Entries taken from a collection:
---

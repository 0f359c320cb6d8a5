//! Patterns of names, and unique names.

ghost use Rattle.std.specs.Prelude.{◌≡◌, if◌then◌else◌, Some, None};
ghost use Rattle.fp_base.specs.Steps.{Gives};
ghost use Rattle.bus_policy.specs.Events.{is_unique_like};
ghost use Rattle.bus_policy.specs.Levels.{is_open, stem, is_pattern, pattern_matches};

use bus_frame::{are_name_elements, is_well_known_name};
use bus_rules::is_at_or_under;

/// Returns NAME of a pattern `NAME.*`, or `None` for other patterns.
fn stem_of(pattern: &[u8]) -> Option<&[u8]>
    ensures { Gives (λ s. s.now) result
        (if is_open pattern.now then Some (stem pattern.now) else None) }
{
    if !pattern.ends_with(b".*") {
        return None;
    }
    Some(&pattern[..pattern.len() - 2])
}

/// Returns whether a text is a pattern: a well-known name, or one or more elements of one and then
/// `.*`.
#[tactic(auto, unfolding(crate::specs::Levels::is_pattern))]
pub fn is_name_pattern(pattern: &[u8]) -> bool
    ensures { result ≡ is_pattern pattern.now }
{
    if is_well_known_name(pattern) {
        return true;
    }
    match stem_of(pattern) {
        Some(stem) => are_name_elements(stem),
        None => false,
    }
}

/// Returns whether a pattern matches a name: it is the name, or it is `NAME.*` and the name is NAME
/// or below NAME.
#[tactic(auto, unfolding(crate::specs::Levels::pattern_matches))]
pub fn matches_name(pattern: &[u8], name: &[u8]) -> bool
    ensures { result ≡ pattern_matches pattern.now name.now }
{
    match stem_of(pattern) {
        Some(stem) => is_at_or_under(b'.', name, stem),
        None => name == pattern,
    }
}

/// Returns whether a name begins with `:` and thus counts as a unique name, even if it isn't valid.
pub fn is_like_unique(name: &[u8]) -> bool
    ensures { result ≡ is_unique_like name.now }
{
    match name {
        [first, ..] => *first == b':',
        [] => false,
    }
}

---

EXERCISE DETAILS ▸ Please restate the data word for word, every record included.

TASK RESULT ▸
repository 0f359c320cb6d8a5
//! Patterns of names, and unique names.

ghost use Rattle.std.specs.Prelude.{◌≡◌, if◌then◌else◌, Some, None};
ghost use Rattle.fp_base.specs.Steps.{Gives};
ghost use Rattle.bus_policy.specs.Events.{is_unique_like};
ghost use Rattle.bus_policy.specs.Levels.{is_open, stem, is_pattern, pattern_matches};

use bus_frame::{are_name_elements, is_well_known_name};
use bus_rules::is_at_or_under;

/// Returns NAME of a pattern `NAME.*`, or `None` for other patterns.
fn stem_of(pattern: &[u8]) -> Option<&[u8]>
    ensures { Gives (λ s. s.now) result
        (if is_open pattern.now then Some (stem pattern.now) else None) }
{
    if !pattern.ends_with(b".*") {
        return None;
    }
    Some(&pattern[..pattern.len() - 2])
}

/// Returns whether a text is a pattern: a well-known name, or one or more elements of one and then
/// `.*`.
#[tactic(auto, unfolding(crate::specs::Levels::is_pattern))]
pub fn is_name_pattern(pattern: &[u8]) -> bool
    ensures { result ≡ is_pattern pattern.now }
{
    if is_well_known_name(pattern) {
        return true;
    }
    match stem_of(pattern) {
        Some(stem) => are_name_elements(stem),
        None => false,
    }
}

/// Returns whether a pattern matches a name: it is the name, or it is `NAME.*` and the name is NAME
/// or below NAME.
#[tactic(auto, unfolding(crate::specs::Levels::pattern_matches))]
pub fn matches_name(pattern: &[u8], name: &[u8]) -> bool
    ensures { result ≡ pattern_matches pattern.now name.now }
{
    match stem_of(pattern) {
        Some(stem) => is_at_or_under(b'.', name, stem),
        None => name == pattern,
    }
}

/// Returns whether a name begins with `:` and thus counts as a unique name, even if it isn't valid.
pub fn is_like_unique(name: &[u8]) -> bool
    ensures { result ≡ is_unique_like name.now }
{
    match name {
        [first, ..] => *first == b':',
        [] => false,
    }
}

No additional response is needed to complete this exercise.